• _Work to be completed_
Which lines run from the one containing "p-over-b 14020600 100" to the end of the records? Write them out exactly, both ends included, and nothing else.

++++

//! [`Allowance`]: the step limit of a call.

ghost use Rattle.std.specs.Prelude.{◌≡◌};
ghost use Rattle.sre_machine.specs.Spending.{is_limited, left_of};

/// How many steps are left.
#[derive(Clone, Copy)]
pub enum Allowance {
    /// No limit: steps are not counted.
    Unlimited,
    /// So many.
    Turns(u64),
}

impl Allowance {
    /// Whether there is a limit.
    #[inline(always)]
    pub fn is_limited(&self) -> bool
        ensures { result ≡ is_limited self.now }
    {
        matches!(self, Allowance::Turns(_))
    }

    /// How many steps are left; 0 if there is no limit.
    #[inline(always)]
    pub fn left(&self) -> u64
        ensures { result ≡ left_of self.now }
    {
        match self {
            Allowance::Unlimited => 0,
            Allowance::Turns(left) => *left,
        }
    }
}
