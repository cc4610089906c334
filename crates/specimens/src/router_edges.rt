// Edges of the router. A line is `name row Ku Kl work sheet number place wanted`: `work` and `sheet` are the bytes that are lent.
use casebook::{Asked, Cases};

pub const CASES: [Cases; 3] = [
    // Rows of 0, 1 and 2 nodes; streets of 3, 4 and 255 tracks.
    Cases {
        asked: Asked::Router,
        lines: b"
row-of-0 - 1 0 1000 100 1 0 -
row-of-1 a 1 0 1000 100 1 0 -
row-of-2 aa 1 0 1000 100 0 2 10020200
Ku-3 aa 3 0 1000 100 0 2 30020200
Ku-4 aa 4 0 1000 100 2 0 -
Kl-3 aa 0 3 1000 100 0 2 0c020200
Kl-4 aa 0 4 1000 100 2 0 -
Ku-255 aa 255 0 1000 100 2 0 -
Kl-255 aa 0 255 1000 100 2 0 -
streets-of-3 aa 3 3 1000 100 0 2 3c020200
",
    },
    // Buffers exact and one byte short, of 2 to 5 nodes: the four lengths of padding.
    Cases {
        asked: Asked::Router,
        lines: b"
exact-for-2 aa 1 0 180 4 0 2 10020200
work-short-for-2 aa 1 0 179 4 4 0 -
sheet-short-for-2 aa 1 0 180 3 5 0 -
exact-for-3 aaa 1 0 270 5 0 3 1003010800
work-short-for-3 aaa 1 0 269 5 4 0 -
sheet-short-for-3 aaa 1 0 270 4 5 0 -
exact-for-4 aaaa 1 0 360 5 0 4 1004010420
work-short-for-4 aaaa 1 0 359 5 4 0 -
sheet-short-for-4 aaaa 1 0 360 4 5 0 -
exact-for-5 aaaaa 1 0 450 6 0 5 100501041080
work-short-for-5 aaaaa 1 0 449 6 4 0 -
sheet-short-for-5 aaaaa 1 0 450 5 5 0 -
",
    },
    // Two causes at once: the smaller number is given.
    Cases {
        asked: Asked::Router,
        lines: b"
no-bytes-lent - 1 0 0 0 1 0 -
1-before-2 a 4 4 0 0 1 0 -
2-before-3 ab 4 0 0 0 2 0 -
2-before-3-Kl aab 0 4 0 0 2 0 -
3-before-4 aab 1 0 269 5 3 3 -
3-before-6 ababc 1 0 1000 100 3 5 -
4-before-5 aa 1 0 179 3 4 0 -
5-before-6 aa 0 0 180 3 5 0 -
4-before-6 aa 0 0 179 4 4 0 -
6-with-exact-buffers aa 0 0 180 4 6 1 -
",
    },
];
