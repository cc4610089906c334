// Edges of the drawer. A line is `name sheet size number place wanted`: `size` is the bytes that are lent for the film. The reader is asked the same
// sheets, but a line is a case whole, with the bytes that are lent.
use casebook::{Asked, Cases};

pub const CASES: [Cases; 4] = [
    // Empty and short sheets; node counts 0, 1, 2, 513 and 1023; films exact and one byte short.
    Cases {
        asked: Asked::Drawer,
        lines: b"
empty - 1000 11 0 -
one-byte 10 1000 11 0 -
n-0 1000 1000 11 0 -
n-1 100100 1000 11 0 -
n-2 10020200 1000 0 3 802000140080200414000028000020
n-513 1201 1000 11 0 -
n-1023 13ff 1000 11 0 -
one-short 100202 1000 13 0 -
one-long 1002020000 1000 13 0 -
",
    },
    // Track counts of 3, 4 and 15; films exact and one byte short.
    Cases {
        asked: Asked::Drawer,
        lines: b"
Ku-3 30020200 1000 0 3 802000140080200414000028000020
Ku-4 40020200 1000 12 0 -
Ku-15 f0020200 1000 12 0 -
Kl-3 0c020200 1000 0 3 801800100080180410000018000020
film-exact 10020200 15 0 3 802000140080200414000028000020
film-short 10020200 14 21 0 -
film-empty 10020200 0 21 0 -
film-exact-for-8 1404000860 40 0 8 80200014000028000002801800540080a00414008018081000001800404080a00c140000a8040060
film-short-for-8 1404000860 39 21 0 -
",
    },
    // Each fault of a sheet with no film lent: it is given before 21.
    Cases {
        asked: Asked::Drawer,
        lines: b"
E-behind-a-blank 1002c200 0 16 2 -
s-over-b 1002fe00 0 16 1 -
s-over-Ku 0403031800 0 17 2 -
wires-below-a-blank 10020300 0 30 2 -
p-over-b 14020600 0 16 1 -
M-on-no-net 10024200 0 16 1 -
E-on-no-net 1003020800 0 16 3 -
upper-limit 0804001820 0 17 2 -
lower-limit 2004000820 0 30 2 -
sum-limit 1404000060 0 31 3 -
left-open 14020000 0 18 2 -
padding 10020208 0 19 0 -
",
    },
    // Several causes at once, with no film lent.
    Cases {
        asked: Asked::Drawer,
        lines: b"
11-before-12 4001 0 11 0 -
12-before-13 4002020000 0 12 0 -
16-before-17 00020600 0 16 1 -
16-before-17-at-a-blank 0403032800 0 16 2 -
16-before-31 14030000c0 0 16 3 -
17-before-31 1403000080 0 17 3 -
30-before-31 1403000000 0 30 3 -
31-at-1-before-30-at-a-blank 00020300 0 31 1 -
31-at-1-before-30-at-2 00020000 0 31 1 -
30-at-2-before-17-at-3 1003000080 0 30 2 -
left-open-at-a-blank 14020300 0 18 2 -
30-before-18 10020000 0 30 2 -
18-before-19 14020001 0 18 2 -
30-before-19 10020001 0 30 2 -
13-before-21 100202 0 13 0 -
",
    },
];
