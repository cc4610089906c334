// Rows of 512 and 513 nodes. Lines name the lent bytes and the answer; rows, sheets and films are handed over, each by itself, since a row is also asked with a sheet
// that is not its own.
use casebook::sheets::{Drawer, Reader};
use casebook::{Casebook, pairs};
use std::io;

// 512 nodes: 255 nets of two and two blanks, with buffers exact and one byte short.
pub fn most_nodes(book: &mut Casebook<'_, impl Print>) -> io::Result<()> {
    let row: [u8; 512] = pairs::row();
    let sheet: [u8; 386] = pairs::sheet();
    let film: [u8; 3825] = pairs::film();
    most_routed(book, &row, &sheet)?;
    most_read(book, &row, &sheet)?;
    most_drawn(book, &sheet, &film)
}

fn most_routed(book: &mut Casebook<'_, impl Print>, row: &[u8], sheet: &[u8]) -> io::Result<()> {
    book.router_sheet(b"512-nodes aabb.. 1 0 46080 386 0 512 1200..", row, sheet)?;
    book.router_row(b"512-nodes-work-short aabb.. 1 0 46079 386 4 0 -", row)?;
    book.router_row(b"512-nodes-sheet-short aabb.. 1 0 46080 385 5 0 -", row)?;
    book.router_row(b"512-nodes-stuck aabb.. 0 0 46080 386 6 1 -", row)
}

fn most_read(book: &mut Casebook<'_, impl Print>, row: &[u8], sheet: &[u8]) -> io::Result<()> {
    book.handed_sheet(&Reader, b"512-nodes 1200.. 512 0 512 0000..", sheet, row)?;
    book.handed_sheet(
        &Reader,
        b"512-nodes-row-short 1200.. 511 14 0 -",
        sheet,
        b"",
    )?;
    book.agreement_sheet(b"512-nodes aabb.. 1200..", row, sheet, true)
}

fn most_drawn(book: &mut Casebook<'_, impl Print>, sheet: &[u8], film: &[u8]) -> io::Result<()> {
    book.handed_sheet(&Drawer, b"512-nodes 1200.. 3825 0 765 8020..", sheet, film)?;
    book.handed_sheet(
        &Drawer,
        b"512-nodes-film-short 1200.. 3824 21 0 -",
        sheet,
        b"",
    )
}

// The sheet of 256 nets: no row has so many nets, so that the reader refuses it after all its other tests and no row agrees with it, and the drawer draws it.
pub fn most_nets(book: &mut Casebook<'_, impl Print>) -> io::Result<()> {
    let row: [u8; 512] = pairs::row();
    let mut sheet: [u8; 386] = pairs::nets();
    let film: [u8; 3840] = pairs::film();
    nets_drawn(book, &sheet, &film)?;
    nets_refused(book, &row, &sheet)?;
    sheet[0] = 0x16;
    sheet[385] = 0;
    book.handed_sheet(&Reader, b"18-before-23 1600.. 512 18 512 -", &sheet, b"")
}

// Beside `most_drawn`: a case is its line, which is a constant, and the lines are other ones.
fn nets_drawn(book: &mut Casebook<'_, impl Print>, sheet: &[u8], film: &[u8]) -> io::Result<()> {
    book.handed_sheet(&Drawer, b"256-nets 1200.. 3840 0 768 8020..", sheet, film)?;
    book.handed_sheet(
        &Drawer,
        b"256-nets-film-short 1200.. 3839 21 0 -",
        sheet,
        b"",
    )
}

fn nets_refused(book: &mut Casebook<'_, impl Print>, row: &[u8], sheet: &[u8]) -> io::Result<()> {
    book.handed_sheet(&Reader, b"256-nets 1200.. 512 23 0 -", sheet, b"")?;
    book.handed_sheet(&Reader, b"14-before-23 1200.. 511 14 0 -", sheet, b"")?;
    book.agreement_sheet(b"256-nets aabb.. 1200..", row, sheet, false)
}

// 513 nodes: refused as a row, and as the count of a sheet of their length.
pub fn too_many_nodes(book: &mut Casebook<'_, impl Print>) -> io::Result<()> {
    let row: [u8; 513] = pairs::row();
    let mut sheet: [u8; 387] = pairs::sheet();
    sheet[1] = 1;
    book.router_row(b"513-nodes aabb.. 1 0 46170 387 1 0 -", &row)?;
    book.handed_sheet(&Reader, b"513-nodes 1201.. 1000 11 0 -", &sheet, b"")?;
    book.handed_sheet(&Drawer, b"513-nodes 1201.. 4000 11 0 -", &sheet, b"")?;
    book.agreement_sheet(b"513-nodes aabb.. 1201..", &row, &sheet, false)
}
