// Rows and sheets with blanks: byte FF in a row, kind 3 in a sheet. A line says what is asked, the bytes that are lent, and what is wanted (casebook).
use casebook::{Asked, Cases};

pub const CASES: [Cases; 7] = [
    // Rows with the smallest s at each blank: the first two routed, read back, agreed on and drawn, round a blank and of blanks alone.
    Cases {
        asked: Asked::Whole,
        lines: b"
a_a a\xffa 1 1 2000 100 0 3 1403030800 100 0 3 00ff00 1000 0 7 8020001400002800000280180054000018004022801804540000280440408020081400
__ \xff\xff 0 0 180 4 0 2 0002c300 2 0 2 ffff 0 0 0 -
",
    },
    Cases {
        asked: Asked::Router,
        lines: b"
_a_a_ \xffa\xffa\xff 1 1 450 6 0 5 1405c00c20c0
ab_ab_ ab\xffab\xff 1 1 540 7 0 6 1406000c618300
abcdef_fedcba abcdef\xfffedcba 3 3 1170 12 0 13 3c0d000000042ce286082080
",
    },
    // Check 3 spares a blank, 6 is given at none, and buffers are measured with the blanks.
    Cases {
        asked: Asked::Router,
        lines: b"
_a \xffa 1 1 1000 100 3 2 -
a_ a\xff 1 1 1000 100 3 1 -
ab_ab ab\xffab 2 0 1000 100 6 4 -
_aa_ \xffaa\xff 0 0 1000 100 6 2 -
one-blank \xff 1 1 1000 100 1 0 -
Ku-4 \xff\xff 4 0 1000 100 2 0 -
work-short \xff\xff 0 0 179 4 4 0 -
sheet-short \xff\xff 0 0 180 3 5 0 -
",
    },
    // Any legal s is read and drawn; 16, 17 and 30 at a blank.
    Cases {
        asked: Asked::Reader,
        lines: b"
s-0-of-1 1403030800 3 0 3 00ff00
s-1-of-1 1403031800 3 0 3 00ff00
_a_a_ 1405c00c20c0 5 0 5 ff00ff00ff
ab_ab_ 1406000c618300 6 0 6 0001ff0001ff
__ 0002c300 2 0 2 ffff
row-short 0002c300 1 14 0 -
30-at-a-blank 1003030800 100 30 2 -
17-at-a-blank 0403031800 100 17 2 -
16-at-a-blank 0403032800 100 16 2 -
padding 0002c301 100 19 0 -
",
    },
    Cases {
        asked: Asked::Drawer,
        lines: b"
s-1-of-1 1403031800 15 0 3 802000140000280000408020081400
s-1-of-1-film-short 1403031800 14 21 0 -
__ 0002c300 0 0 0 -
30-at-a-blank 1003030800 0 30 2 -
17-at-a-blank 0403031800 0 17 2 -
16-at-a-blank 0403032800 0 16 2 -
",
    },
    // The same blanks are asked for, and any label stands for a net but FF.
    Cases {
        asked: Asked::Agreement(true),
        lines: b"
a_a a\xffa 1403030800
another-s a\xffa 1403031800
label-254 \xfe\xff\xfe 1403030800
__ \xff\xff 0002c300
",
    },
    Cases {
        asked: Asked::Agreement(false),
        lines: b"
no-blank aba 1403030800
blank-elsewhere aa\xff 1403030800
blanks-for-the-net \xffa\xff 1403030800
blanks-alone \xff\xff\xff 1403030800
net-for-blanks aa 0002c300
blanks-for-a-net \xff\xff 10020200
30-at-a-blank a\xffa 1003030800
",
    },
];
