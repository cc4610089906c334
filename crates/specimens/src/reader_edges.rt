// Edges of the reader. A line is `name sheet size number place wanted`: `size` is the bytes that are lent for the row.
use casebook::{Asked, Cases};

pub const CASES: [Cases; 4] = [
    // Empty and short sheets; node counts 0, 1, 2, 513 and 1023.
    Cases {
        asked: Asked::Reader,
        lines: b"
empty - 100 11 0 -
one-byte 10 100 11 0 -
n-0 1000 100 11 0 -
n-1 100100 100 11 0 -
n-2 10020200 100 0 2 0000
n-513 1201 100 11 0 -
n-1023 13ff 100 11 0 -
one-short 100202 100 13 0 -
one-long 1002020000 100 13 0 -
head-alone 1002 100 13 0 -
",
    },
    // Track counts of 3, 4 and 15; row buffers exact and one byte short.
    Cases {
        asked: Asked::Reader,
        lines: b"
Ku-3 30020200 100 0 2 0000
Ku-4 40020200 100 12 0 -
Ku-15 f0020200 100 12 0 -
Kl-3 0c020200 100 0 2 0000
row-exact 10020200 2 0 2 0000
row-short 10020200 1 14 0 -
row-empty 10020200 0 14 0 -
row-exact-for-4 1404000860 4 0 4 00010001
row-short-for-4 1404000860 3 14 0 -
",
    },
    // Each fault of a node, each limit, nets left open, padding.
    Cases {
        asked: Asked::Reader,
        lines: b"
E-behind-a-blank 1002c200 100 16 2 -
s-over-b 1002fe00 100 16 1 -
s-over-Ku 0403031800 100 17 2 -
wires-below-a-blank 10020300 100 30 2 -
p-over-b 14020600 100 16 1 -
M-on-no-net 10024200 100 16 1 -
E-on-no-net 1003020800 100 16 3 -
upper-limit 0804001820 100 17 2 -
lower-limit 2004000820 100 30 2 -
sum-limit 1404000060 100 31 3 -
left-open 14020000 100 18 2 -
padding 10020208 100 19 0 -
",
    },
    // Several causes at once: the earliest test decides, and of two nodes the left one.
    Cases {
        asked: Asked::Reader,
        lines: b"
11-before-12 4001 100 11 0 -
12-before-13 4002020000 100 12 0 -
13-before-14 100202 1 13 0 -
14-before-16 1002c200 1 14 0 -
16-before-17 00020600 100 16 1 -
16-before-17-at-a-blank 0403032800 100 16 2 -
16-before-31 14030000c0 100 16 3 -
17-before-31 1403000080 100 17 3 -
30-before-31 1403000000 100 30 3 -
31-at-1-before-30-at-a-blank 00020300 100 31 1 -
31-at-1-before-30-at-2 00020000 100 31 1 -
30-at-2-before-17-at-3 1003000080 100 30 2 -
left-open-at-a-blank 14020300 100 18 2 -
30-before-18 10020000 100 30 2 -
18-before-19 14020001 100 18 2 -
30-before-19 10020001 100 30 2 -
",
    },
];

++++

• _Exercise output_
p-over-b 14020600 100 16 1 -
M-on-no-net 10024200 100 16 1 -
E-on-no-net 1003020800 100 16 3 -
upper-limit 0804001820 100 17 2 -
lower-limit 2004000820 100 30 2 -
sum-limit 1404000060 100 31 3 -
left-open 14020000 100 18 2 -
padding 10020208 100 19 0 -
",
    },
    // Several causes at once: the earliest test decides, and of two nodes the left one.
    Cases {
        asked: Asked::Reader,
        lines: b"
11-before-12 4001 100 11 0 -
12-before-13 4002020000 100 12 0 -
13-before-14 100202 1 13 0 -
14-before-16 1002c200 1 14 0 -
16-before-17 00020600 100 16 1 -
16-before-17-at-a-blank 0403032800 100 16 2 -
16-before-31 14030000c0 100 16 3 -
17-before-31 1403000080 100 17 3 -
30-before-31 1403000000 100 30 3 -
31-at-1-before-30-at-a-blank 00020300 100 31 1 -
31-at-1-before-30-at-2 00020000 100 31 1 -
30-at-2-before-17-at-3 1003000080 100 30 2 -
left-open-at-a-blank 14020300 100 18 2 -
30-before-18 10020000 100 30 2 -
18-before-19 14020001 100 18 2 -
30-before-19 10020001 100 30 2 -
",
    },
];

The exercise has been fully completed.